Facebook wants to make you more productive at work

By TIME
By TIME
Social Networking Sites May Be Monitored By Security Services
LONDON, ENGLAND - MARCH 25: In this photo illustration the Social networking site Facebook is displayed on a laptop screen on March 25, 2009 in London, England. The British government has made proposals which would force Social networking websites such as Facebook to pass on details of users, friends and contacts to help fight terrorism. (Photo by Dan Kitwood/Getty Images)
Photograph by Dan Kitwood—Getty Images

This post is in partnership with Time. The article below was originally published at Time.com

By Dan Kedmey, TIME

Facebook released an app for the workplace on Wednesday, offering a handful of test users access to a new site that looks like Facebook and feels like Facebook, but with a few key alterations.

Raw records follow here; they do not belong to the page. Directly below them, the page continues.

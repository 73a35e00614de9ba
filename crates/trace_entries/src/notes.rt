ghost use Rattle.std.specs.Prelude.{◌≡◌, ◌≤◌, ◌<◌, ◌+◌, ◌++◌, ◌∷◌, [], length, map, IfOk};
ghost use Rattle.pcl_base.specs.declared.message.Body.TheVariants as body;
ghost use Rattle.step_laws.specs.Most.{items_in};
ghost use Rattle.cluster_rules.specs.Clusters.{note_of, sent_by};
ghost use Rattle.listing_laws.specs.Lists.{one_list};
ghost use Rattle.trace_entries.specs.Notes.{HasMemory};
ghost use Rattle.trace_entries.specs.Blanks.{IsReady};

use crate::blank::{Blank, filled};
use crate::kinds::{kind_of, version_of};
use node_parts::Outgoing;
use pcl_base::{Body, Items, NoMemory, NodeNo, Note, Report, ReturnRight, Sent};
use std::alloc::Global;
use std::marker::Model;

/// The notes of an entry, with the memory for what a step may send. It is taken before the step, so that
/// noting what was sent takes none.
#[derive(Drop)]
pub struct Notes {
    sent: Vec<Sent>,
    size: usize,
    blanks: Vec<Blank>,
}

impl Model for Notes {
    ghost use Rattle.std.specs.Prelude.{◌-◌, length, vec_len, vec_capacity};
    ghost use Rattle.trace_entries.specs.Notes.{NotesView};
    ghost use Rattle.trace_entries.specs.Blanks.{AreReady};

    ghost Value = { NotesView };

    ghost view = { λ n. record { sent = n.sent.items; room = vec_capacity n.sent - vec_len n.sent; lists = length n.blanks.items; size = n.size } };

    ghost invariant = { λ n. AreReady n.size n.blanks.items };
}

impl Notes {
    /// No notes yet, and memory for those of so many messages, of which so many have lists, with so many
    /// items each at most.
    pub fn open(alloc: Global, sends: usize, lists: u32, size: usize) -> Result<Notes, NoMemory>
        ensures sent { IfOk result (λ n. n.sent ≡ []) }
        ensures room { IfOk result (λ n. sends ≤ n.room) }
        ensures lists { IfOk result (λ n. n.lists ≡ lists) }
        ensures size { IfOk result (λ n. n.size ≡ size) }
    {
        let sent = Vec::with_capacity(alloc, sends)?;
        let mut blanks = Vec::with_capacity(alloc, lists as usize)?;
        for _ in 0..lists {
            blanks.push(Blank::open(alloc, size)?)?;
        }
        Ok(Notes { sent, size, blanks })
    }

    /// The notes of messages that a node sends, for which there is memory, in their order. It takes no
    /// memory, and lets go what isn't needed.
    pub fn of(self, from: NodeNo, sends: &[Outgoing]) -> Items<Sent>
        requires { HasMemory self sends.now }
        ensures { result ≡ self.sent ++ map (sent_by from) sends.now }
    {
        let mut notes = self;
        for outgoing in sends {
            notes.put(from, outgoing);
        }
        let Notes {
            sent,
            size: _size,
            blanks: _blanks,
        } = notes;
        let mut sent = sent;
        sent.shrink_to_fit();
        Items::of(sent)
    }

    /// A further note.
    fn put(&mut self, from: NodeNo, outgoing: &Outgoing)
        requires room { 0 < self.old.room }
        requires lists { one_list outgoing.now.message.body ≤ self.old.lists }
        requires items { items_in outgoing.now.message.body ≤ self.old.size }
        ensures sent { self.new.sent ≡ self.old.sent ++ sent_by from outgoing.now ∷ [] }
        ensures room { self.old.room ≤ self.new.room + 1 }
        ensures lists { self.old.lists ≡ self.new.lists + one_list outgoing.now.message.body }
        ensures size { self.new.size ≡ self.old.size }
    {
        let note = self.note(&outgoing.message.body);
        let sent = Sent {
            from,
            to: outgoing.to,
            epoch: outgoing.message.epoch,
            note,
        };
        match self.sent.push(sent) {
            Ok(()) => return,
            Err(_back) => unreachable!(),
        }
    }

    /// What an entry says of a message: all but the bytes of images.
    #[tactic(auto, unfolding(cluster_rules::specs::Clusters::note_of))]
    fn note(&mut self, body: &Body) -> Note
        requires lists { one_list body.now ≤ self.old.lists }
        requires items { items_in body.now ≤ self.old.size }
        ensures note { result ≡ note_of body.now }
        ensures sent { self.new.sent ≡ self.old.sent }
        ensures room { self.new.room ≡ self.old.room }
        ensures lists { self.old.lists ≡ self.new.lists + one_list body.now }
        ensures size { self.new.size ≡ self.old.size }
    {
        match body {
            Body::Request(request) => Note::Request {
                tx: request.tx,
                page: request.page,
                mode: request.mode,
                have: request.have,
            },
            Body::Grant(grant) => Note::Grant {
                tx: grant.tx,
                page: grant.page,
                mode: grant.mode,
                right: grant.right,
                version: grant.version,
                copy: kind_of(&grant.copy),
            },
            Body::Release(release) => Note::Release {
                tx: release.tx,
                page: release.page,
                change: version_of(&release.change),
            },
            Body::Revoke { page } => Note::Revoke { page: *page },
            Body::Return(back) => self.note_return(back),
            Body::Report(report) => self.note_report(report),
        }
    }

    /// The same of an answer to a revocation.
    #[tactic(auto, unfolding(cluster_rules::specs::Clusters::note_of))]
    fn note_return(&mut self, back: &ReturnRight) -> Note
        requires lists { 0 < self.old.lists }
        requires items { length back.now.readers ≤ self.old.size }
        ensures note { result ≡ note_of (body.Return back.now) }
        ensures sent { self.new.sent ≡ self.old.sent }
        ensures room { self.new.room ≡ self.old.room }
        ensures lists { self.old.lists ≡ self.new.lists + 1 }
        ensures size { self.new.size ≡ self.old.size }
    {
        let Blank {
            readers,
            waits: _waits,
            locks: _locks,
            rights: _rights,
        } = self.blank();
        Note::Return {
            page: back.page,
            readers: filled(readers, back.readers.as_slice()),
        }
    }

    /// The same of a report.
    #[tactic(auto, unfolding(cluster_rules::specs::Clusters::note_of))]
    fn note_report(&mut self, report: &Report) -> Note
        requires lists { 0 < self.old.lists }
        requires items { length report.now.waits + length report.now.locks + length report.now.rights ≤ self.old.size }
        ensures note { result ≡ note_of (body.Report report.now) }
        ensures sent { self.new.sent ≡ self.old.sent }
        ensures room { self.new.room ≡ self.old.room }
        ensures lists { self.old.lists ≡ self.new.lists + 1 }
        ensures size { self.new.size ≡ self.old.size }
    {
        let Blank {
            readers: _readers,
            waits,
            locks,
            rights,
        } = self.blank();
        Note::Report {
            partition: report.partition,
            waits: filled(waits, report.waits.as_slice()),
            locks: filled(locks, report.locks.as_slice()),
            rights: filled(rights, report.rights.as_slice()),
        }
    }

    /// The lists for one message.
    fn blank(&mut self) -> Blank
        requires { 0 < self.old.lists }
        ensures blank { IsReady self.old.size result }
        ensures sent { self.new.sent ≡ self.old.sent }
        ensures room { self.new.room ≡ self.old.room }
        ensures lists { self.old.lists ≡ self.new.lists + 1 }
        ensures size { self.new.size ≡ self.old.size }
    {
        match self.blanks.pop() {
            Some(blank) => blank,
            None => unreachable!(),
        }
    }
}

The app, called “Facebook at Work,” breaks off co-workers into a standalone social network, Re/code reports. There, a team can share posts and images appropriate for the workplace. Users can also rest assured that personal posts, such as those polaroid pictures of your preschool class, won’t crop up on the professional feed unless a user feels a need to volunteer that sort of information.

To ensure workers have open conversations, the Wall Street Journal reports that Facebook (FB) will jettison its ad-based revenue model, stripping out ads from the site and assuring users that no one outside of the work network—neither marketers nor Facebook—will view the content.

The app is designed to offer an alternative form of communication to email, the Wall Street Journal reports, merging the pile of inbox messages into a continuous stream of communication. It also will pose a direct challenge to a growing number of work-oriented social networking sites, such as Microsoft’s (MSFT) Yammer and IBM’s (IBM) Connections.